:: Entries shown ::

//! Planning, with the first growth refused, then with the second, and so on until no refusal is met.
use crate::refused_verdicts::{admitted, is_as_it_was};
use crate::turn::{Turn, turn_of};
use pci_base::memory::Refused;
use pci_place::pools::Pools;
use pci_plan::plan::Plan;
use pci_plan::plan_fault::PlanFault;
use pci_plan::planning::plan;
use pci_tree::admitted::Admitted;
use std::alloc::{AllocError, Global};
use std::fmt::Write;
use std::test::Fail;
use test_support::board::Texts;
use test_support::planned::{IO_POOL, MEMORY_POOL, PREFETCH_POOL, boards};
use test_support::refusing::{MANY, Refusing};

const POOLS: Pools = Pools {
    io: IO_POOL,
    mem: MEMORY_POOL,
    pref: PREFETCH_POOL,
};

/// Memory above 4 GB.
const BAD_POOLS: Pools = Pools {
    io: IO_POOL,
    mem: PREFETCH_POOL,
    pref: MEMORY_POOL,
};

/// What planning answers: the lines of the writes, or why there are none.
fn lines_of<'a>(
    alloc: Global,
    board: &Admitted<&'a Refusing<Global>>,
    heap: &'a Refusing<Global>,
    pools: &Pools,
) -> Result<String, AllocError> {
    answer_of(alloc, &plan(heap, board, pools))
}

/// The same of an answer.
fn answer_of<'p, 'a>(
    alloc: Global,
    answer: &Result<Plan<'p, &'a Refusing<Global>>, Refused<PlanFault>>,
) -> Result<String, AllocError> {
    let mut text = String::new(alloc);
    match answer {
        Ok(plan) => {
            for write in plan.writes() {
                writeln!(text, "{write}")?;
            }
        }
        Err(Refused::Fault(fault)) => writeln!(text, "{fault}")?,
        Err(Refused::Memory) => text.push_str("2 Memory\n")?,
    }
    Ok(text)
}

/// Whether planning answers these lines.
fn is_answered<'a>(
    alloc: Global,
    board: &Admitted<&'a Refusing<Global>>,
    heap: &'a Refusing<Global>,
    pools: &Pools,
    lines: &str,
) -> bool {
    match lines_of(alloc, board, heap, pools) {
        Ok(answer) => answer.as_str() == lines,
        Err(_) => false,
    }
}

/// The turn of planning where the n-th growth is refused.
fn turn_of_plan<'a>(
    alloc: Global,
    board: &Admitted<&'a Refusing<Global>>,
    heap: &'a Refusing<Global>,
    lines: &str,
    n: u64,
) -> Turn {
    heap.refuse(n);
    let Some(answer) = lines_of(alloc, board, heap, &POOLS).ok() else {
        return Turn::Wrong;
    };
    let is_whole = heap.is_due();
    let wanted = if is_whole { lines } else { "2 Memory\n" };
    turn_of(is_whole, answer.as_str() == wanted)
}

/// How many growths of planning are refused in turn. The board stays as it was, and is planned after each.
fn refusals_of_plan<'a>(
    alloc: Global,
    board: &Admitted<&'a Refusing<Global>>,
    heap: &'a Refusing<Global>,
    texts: &Texts,
    lines: &str,
) -> u64 {
    for n in 1..MANY {
        let turn = turn_of_plan(alloc, board, heap, lines, n);
        heap.refuse(0);
        if !is_as_it_was(alloc, board, texts) || !is_answered(alloc, board, heap, &POOLS, lines) {
            return MANY;
        }
        if let Some(refused) = turn.end(n) {
            return refused;
        }
    }
    MANY
}

/// The same of a board's texts.
fn refusals_on(alloc: Global, heap: &Refusing<Global>, texts: &Texts, lines: &str) -> u64 {
    match admitted(heap, texts) {
        Some(board) => refusals_of_plan(alloc, &board, heap, texts, lines),
        None => MANY,
    }
}

#[test]
fn each_growth_of_a_plan_is_refused(rt: HostRuntime) -> Result<(), Fail> {
    let heap = Refusing::new(rt.alloc());
    for (texts, lines) in boards(rt.alloc())? {
        let refused = refusals_on(rt.alloc(), &heap, &texts, lines);
        assert!(rt; 3 < refused && refused < MANY, "{refused}");
    }
    Ok(())
}

/// Whether pools that are none are refused with no growth.
fn are_no_pools(alloc: Global, heap: &Refusing<Global>, texts: &Texts) -> bool {
    let Some(board) = admitted(heap, texts) else {
        return false;
    };
    heap.refuse(1);
    is_answered(alloc, &board, heap, &BAD_POOLS, "70 BadPools\n") && heap.is_due()
}

#[test]
fn pools_that_are_no_pools_are_told_without_memory(rt: HostRuntime) -> Result<(), Fail> {
    let heap = Refusing::new(rt.alloc());
    for (texts, _) in boards(rt.alloc())? {
        assert!(rt; are_no_pools(rt.alloc(), &heap, &texts));
    }
    Ok(())
}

:::

### What you have to do
Would you copy out each record precisely as it stands?

### Task response
//! Planning, with the first growth refused, then with the second, and so on until no refusal is met.
use crate::refused_verdicts::{admitted, is_as_it_was};
use crate::turn::{Turn, turn_of};
use pci_base::memory::Refused;
use pci_place::pools::Pools;
use pci_plan::plan::Plan;
use pci_plan::plan_fault::PlanFault;
use pci_plan::planning::plan;
use pci_tree::admitted::Admitted;
use std::alloc::{AllocError, Global};
use std::fmt::Write;
use std::test::Fail;
use test_support::board::Texts;
use test_support::planned::{IO_POOL, MEMORY_POOL, PREFETCH_POOL, boards};
use test_support::refusing::{MANY, Refusing};

const POOLS: Pools = Pools {
    io: IO_POOL,
    mem: MEMORY_POOL,
    pref: PREFETCH_POOL,
};

/// Memory above 4 GB.
const BAD_POOLS: Pools = Pools {
    io: IO_POOL,
    mem: PREFETCH_POOL,
    pref: MEMORY_POOL,
};

/// What planning answers: the lines of the writes, or why there are none.
fn lines_of<'a>(
    alloc: Global,
    board: &Admitted<&'a Refusing<Global>>,
    heap: &'a Refusing<Global>,
    pools: &Pools,
) -> Result<String, AllocError> {
    answer_of(alloc, &plan(heap, board, pools))
}

/// The same of an answer.
fn answer_of<'p, 'a>(
    alloc: Global,
    answer: &Result<Plan<'p, &'a Refusing<Global>>, Refused<PlanFault>>,
) -> Result<String, AllocError> {
    let mut text = String::new(alloc);
    match answer {
        Ok(plan) => {
            for write in plan.writes() {
                writeln!(text, "{write}")?;
            }
        }
        Err(Refused::Fault(fault)) => writeln!(text, "{fault}")?,
        Err(Refused::Memory) => text.push_str("2 Memory\n")?,
    }
    Ok(text)
}

/// Whether planning answers these lines.
fn is_answered<'a>(
    alloc: Global,
    board: &Admitted<&'a Refusing<Global>>,
    heap: &'a Refusing<Global>,
    pools: &Pools,
    lines: &str,
) -> bool {
    match lines_of(alloc, board, heap, pools) {
        Ok(answer) => answer.as_str() == lines,
        Err(_) => false,
    }
}

/// The turn of planning where the n-th growth is refused.
fn turn_of_plan<'a>(
    alloc: Global,
    board: &Admitted<&'a Refusing<Global>>,
    heap: &'a Refusing<Global>,
    lines: &str,
    n: u64,
) -> Turn {
    heap.refuse(n);
    let Some(answer) = lines_of(alloc, board, heap, &POOLS).ok() else {
        return Turn::Wrong;
    };
    let is_whole = heap.is_due();
    let wanted = if is_whole { lines } else { "2 Memory\n" };
    turn_of(is_whole, answer.as_str() == wanted)
}

/// How many growths of planning are refused in turn. The board stays as it was, and is planned after each.
fn refusals_of_plan<'a>(
    alloc: Global,
    board: &Admitted<&'a Refusing<Global>>,
    heap: &'a Refusing<Global>,
    texts: &Texts,
    lines: &str,
) -> u64 {
    for n in 1..MANY {
        let turn = turn_of_plan(alloc, board, heap, lines, n);
        heap.refuse(0);
        if !is_as_it_was(alloc, board, texts) || !is_answered(alloc, board, heap, &POOLS, lines) {
            return MANY;
        }
        if let Some(refused) = turn.end(n) {
            return refused;
        }
    }
    MANY
}

/// The same of a board's texts.
fn refusals_on(alloc: Global, heap: &Refusing<Global>, texts: &Texts, lines: &str) -> u64 {
    match admitted(heap, texts) {
        Some(board) => refusals_of_plan(alloc, &board, heap, texts, lines),
        None => MANY,
    }
}

#[test]
fn each_growth_of_a_plan_is_refused(rt: HostRuntime) -> Result<(), Fail> {
    let heap = Refusing::new(rt.alloc());
    for (texts, lines) in boards(rt.alloc())? {
        let refused = refusals_on(rt.alloc(), &heap, &texts, lines);
        assert!(rt; 3 < refused && refused < MANY, "{refused}");
    }
    Ok(())
}

/// Whether pools that are none are refused with no growth.
fn are_no_pools(alloc: Global, heap: &Refusing<Global>, texts: &Texts) -> bool {
    let Some(board) = admitted(heap, texts) else {
        return false;
    };
    heap.refuse(1);
    is_answered(alloc, &board, heap, &BAD_POOLS, "70 BadPools\n") && heap.is_due()
}

#[test]
fn pools_that_are_no_pools_are_told_without_memory(rt: HostRuntime) -> Result<(), Fail> {
    let heap = Refusing::new(rt.alloc());
    for (texts, _) in boards(rt.alloc())? {
        assert!(rt; are_no_pools(rt.alloc(), &heap, &texts));
    }
    Ok(())
}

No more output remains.